About the Writer. As one of NAMP's volunteer writers, Stacey Sprain is currently a NAMP member in good standing and is a NAMP Certified Ambassador Loan Processor (CALP). If you would like to become a volunteer writer for NAMP, please email us at: blog@mortgageprocessor.org.

HUD Cracking Down On Lenders

Friday, January 15, 2010

Beware- HUD Isn’t Messing Around!

Written By: Stacey Sprain,
Certified Ambassador Loan Processor (CALP)

As a person in the Mortgage Industry who works in a position that involves business and credit analysis and writing credit policies to protect the interests of the company, one particular article got my attention this week when it crossed my desk. It was an article released in Market Watch, part of the Wall Street Journal digital network. The article stated that HUD issued subpoenas to 15 mortgage companies on Tuesday in regards to higher-than-average default rates on FHA loans and an overabundance of mortgage insurance claims.

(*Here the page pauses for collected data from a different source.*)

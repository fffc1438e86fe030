ghost use Rattle.std.specs.Prelude.{◌≡◌, ℕ, ◌<◌, ◌≤◌, true, false, IfOk, OnOk, OnErr, MatchBool};
ghost use Rattle.parcel.specs.Windows.{window_count};
ghost use Rattle.core_loop.specs.CoreView.{windows_of, taken_of, IsOtherCore};
ghost use Rattle.core_loop.specs.WorldState.{IsInStep};
ghost use Rattle.core_loop.specs.Turns.{StandAt, NoCountFalls, StillStands, OwesPost, OwesTake, RefusedBetween};
ghost use Rattle.core_loop.specs.Trading.{posted_once, TakesIn, OnlyTakes, TradeComesTo, Swept, RoundComesTo};

use crate::one_core::Core;
use crate::round::{Round, Sweep, Trade};
use crate::turn::PortName;
use mn_base::NoMemory;
use parcel::Ports;
use std::alloc::Global;

/// The posts and takes of a round.
impl<'s> Core<'s> {
    /// Makes the posts and takes of the round that are still to be made, as far as the ports let it.
    pub(crate) fn trade<P: Ports>(&mut self, alloc: Global, ports: &mut P) -> Round
        requires stand { StandAt P.setup P.core P.posted P.taken ports.old self.old }
        requires works { self.old.failed ≡ false }
        ensures keeps { P.keeps ports.old ports.new }
        ensures stand { StandAt P.setup P.core P.posted P.taken ports.new self.new }
        ensures rises { NoCountFalls self.old self.new }
        ensures stands { StillStands self.old self.new }
        ensures comes { RoundComesTo self.old result self.new }
        ensures posts { self.new.failed ≡ false → (other : ℕ) → OwesPost self.new other
            → RefusedBetween P.keeps P.busy ports.old other ports.new }
        ensures takes { self.new.failed ≡ false → (other : ℕ) → OwesTake self.new other
            → RefusedBetween P.keeps P.empty ports.old other ports.new }
    {
        let posts = self.post_all(ports);
        let Ok(takes) = self.take_all(alloc, ports) else {
            return Round::NoMemory;
        };
        posts.and_takes(takes)
    }

    /// Makes the posts of the round that are still to be made, as far as the ports let it.
    fn post_all<P: Ports>(&mut self, ports: &mut P) -> Sweep
        requires stand { StandAt P.setup P.core P.posted P.taken ports.old self.old }
        requires works { self.old.failed ≡ false }
        ensures stand { StandAt P.setup P.core P.posted P.taken ports.new self.new }
        ensures swept { Swept P.keeps P.busy OwesPost ports.old self.old ports.new self.new self.old.setup.cores result }
    {
        let mut sweep = Sweep::begin();
        for other in 0..self.setup.parts().cores {
            sweep = sweep.and(self.post_one(ports, other), other);
        }
        sweep
    }

    /// Posts the parcel that is owed to a core, if one is.
    fn post_one<P: Ports>(&mut self, ports: &mut P, other: u32) -> Trade
        requires stand { StandAt P.setup P.core P.posted P.taken ports.old self.old }
        requires works { self.old.failed ≡ false }
        requires known { other < self.old.setup.cores }
        ensures keeps { P.keeps ports.old ports.new }
        ensures stand { StandAt P.setup P.core P.posted P.taken ports.new self.new }
        ensures comes { TradeComesTo P.busy OwesPost ports.old self.old ports.new self.new other result }
    {
        if !self.owes_post(other) {
            return Trade::Past;
        }
        let peer = &mut self.peers[other as usize];
        let Some(parcel) = peer.owed.take() else {
            unreachable!();
        };
        match ports.try_post(other, parcel) {
            Ok(()) => {
                peer.posted += 1;
                Trade::Made
            }
            Err(busy) => {
                peer.owed = Some(busy.parcel);
                Trade::Refused
            }
        }
    }

    /// Whether the post of the round to a core is still to be made.
    fn owes_post(&self, other: u32) -> bool
        requires known { other < self.now.setup.cores }
        ensures { MatchBool result (OwesPost self.now other) (OwesPost self.now other → ⊥) }
    {
        other != self.number && self.peers[other as usize].posted == self.work.windows()
    }

    /// Makes the takes of the round that are still to be made, as far as the ports let it.
    fn take_all<P: Ports>(&mut self, alloc: Global, ports: &mut P) -> Result<Sweep, NoMemory>
        requires stand { StandAt P.setup P.core P.posted P.taken ports.old self.old }
        requires works { self.old.failed ≡ false }
        ensures keeps { P.keeps ports.old ports.new }
        ensures stand { StandAt P.setup P.core P.posted P.taken ports.new self.new }
        ensures only { OnlyTakes self.old self.new }
        ensures swept { IfOk result (Swept P.keeps P.empty OwesTake ports.old self.old ports.new self.new self.old.setup.cores) }
        ensures in_step { OnOk result (IsInStep self.new) }
        ensures err { OnErr result (self.new.failed ≡ true) }
        ensures taken { OnErr result ((other : ℕ) × IsOtherCore self.old other × (taken_of self.old other < taken_of self.new other)) }
    {
        let mut sweep = Sweep::begin();
        for other in 0..self.setup.parts().cores {
            sweep = sweep.and(self.take_one(alloc, ports, other)?, other);
        }
        Ok(sweep)
    }

    /// Takes the parcel of a core, if it isn't taken yet.
    fn take_one<P: Ports>(
        &mut self,
        alloc: Global,
        ports: &mut P,
        other: u32,
    ) -> Result<Trade, NoMemory>
        requires stand { StandAt P.setup P.core P.posted P.taken ports.old self.old }
        requires works { self.old.failed ≡ false }
        requires known { other < self.old.setup.cores }
        ensures keeps { P.keeps ports.old ports.new }
        ensures stand { StandAt P.setup P.core P.posted P.taken ports.new self.new }
        ensures comes { IfOk result (TradeComesTo P.empty OwesTake ports.old self.old ports.new self.new other) }
        ensures only { OnlyTakes self.old self.new }
        ensures err { OnErr result (OwesTake self.old other × TakesIn self.old other self.new × (self.new.failed ≡ true)) }
    {
        if !self.owes_take(other) {
            return Ok(Trade::Past);
        }
        match ports.try_take(other) {
            Ok(parcel) => {
                self.take_in(other, parcel)?;
                Ok(Trade::Made)
            }
            Err(_empty) => Ok(Trade::Refused),
        }
    }

    /// Whether the take of the round from a core is still to be made.
    fn owes_take(&self, other: u32) -> bool
        requires works { self.now.failed ≡ false }
        requires known { other < self.now.setup.cores }
        ensures owed { MatchBool result (OwesTake self.now other) (OwesTake self.now other → ⊥) }
        ensures within { windows_of self.now ≤ window_count self.now.setup }
    {
        other != self.number && self.peers[other as usize].taken == self.work.windows()
    }
}
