ghost use Rattle.std.specs.Prelude.{◌≡◌, ◌∷◌, ◌++◌, [], IsSome, IfOk, IfErr, OnErr};
ghost use Rattle.std.specs.FinMap as map;
ghost use Rattle.parcel.specs.Results.{bytes_by_fate};
ghost use Rattle.core_loop.specs.Work.{Settling};

use journal::Fate;
use mn_base::{Bytes, NoMemory};
use parcel::Settled;
use payload_store::{Payload, Store};
use std::alloc::Global;
use std::marker::Model;

/// The packets that entered at a core: those that are settled, and the payloads of the others.
#[derive(Drop)]
pub(crate) struct Entrants {
    settled: Vec<Settled>,
    store: Store,
}

impl Model for Entrants {
    ghost use Rattle.core_loop.specs.Work.{EntrantsView};

    ghost Value = { EntrantsView };

    ghost use Rattle.std.specs.Coded.{codes, coded_ℕ, coded_list};
    ghost use Rattle.std.specs.FinMap as map;
    ghost use Rattle.std.specs.Ordering.{nat_cmp};

    ghost coded = { Prim.hlevel (codes, map.code {R = nat_cmp} coded_ℕ (coded_list coded_ℕ)) };

    ghost use Rattle.std.specs.Prelude.{vec_len, vec_capacity, ◌+◌, ◌≤◌};

    ghost view = { λ e. record { settled = e.settled.items; store = e.store } };

    ghost invariant = { λ e. vec_len e.settled + map.len e.store.held ≤ vec_capacity e.settled };
}

impl Entrants {
    /// None is settled yet. There is room to settle each packet whose payload is held.
    pub(crate) fn of_store(alloc: Global, store: Store) -> Result<Entrants, NoMemory>
        ensures { IfOk result (λ e. e ≡ record { settled = []; store = store }) }
    {
        let settled = Vec::with_capacity(alloc, store.len())?;
        Ok(Entrants { settled, store })
    }

    /// How many payloads are held.
    pub(crate) fn held(&self) -> usize
        ensures { result ≡ map.len self.now.store.held }
    {
        self.store.len()
    }

    /// Settles a packet whose payload is held. One that is dropped gives its payload up.
    pub(crate) fn settle(&mut self, packet: u32, fate: Fate)
        requires { IsSome (map.get self.old.store.held packet) }
        ensures { Settling self.old packet fate self.new }
    {
        let payload = self.store.release(packet);
        let bytes = spend(payload, fate);
        self.settled.push_reserved(Settled {
            packet,
            fate,
            bytes,
        });
    }

    /// Those that are settled, at the end.
    pub(crate) fn into_settled(self) -> Vec<Settled>
        ensures { result.items ≡ self.settled }
    {
        let Entrants { settled, store: _ } = self;
        settled
    }
}

/// Spends a payload: the bytes of a packet that left go with its fate, and those of a packet that was dropped are given up.
fn spend(payload: Payload, fate: Fate) -> Option<Bytes>
    ensures { result ≡ bytes_by_fate fate payload.bytes }
{
    match fate {
        Fate::Left { tick: _ } => Some(payload.into_bytes()),
        Fate::Dropped {
            pipe: _,
            tick: _,
            cause: _,
        } => {
            payload.discard();
            None
        }
    }
}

When I took a looked through the list I immediately recognized a number of pretty big players; mortgage brokers we have all likely dealt with at some point in our mortgage careers for one reason or another. But I can’t say I’m surprised to see a couple of them. I clearly recall that they were accepting what I considered “bottom of the barrel” FHA borrowers back in 2006 and 2007 before the market started its downward spiral due to foreclosures and market declines. In fact, I see two of them that I know flat out drug their feet implementing minimum credit score requirements in order to corner the market while other FHA lenders starting cracking down on their own qualifying requirements in anticipation of what was to come.

What always bothers me most when I see these things is the lack or moral judgment and integrity that was used by all of those involved. The unfortunate result of so many bad decisions made by bad companies is that the good companies are now subject to the consequences of the bad. One of our originators made a statement this week I found humorous though very valid. He said “I feel like things have gotten so out of control we can’t even get loans done anymore. I mean, what more documentation can I request from my borrowers short of them providing a sample of their DNA?” It’s unfortunate that so many of us have begun to feel this way.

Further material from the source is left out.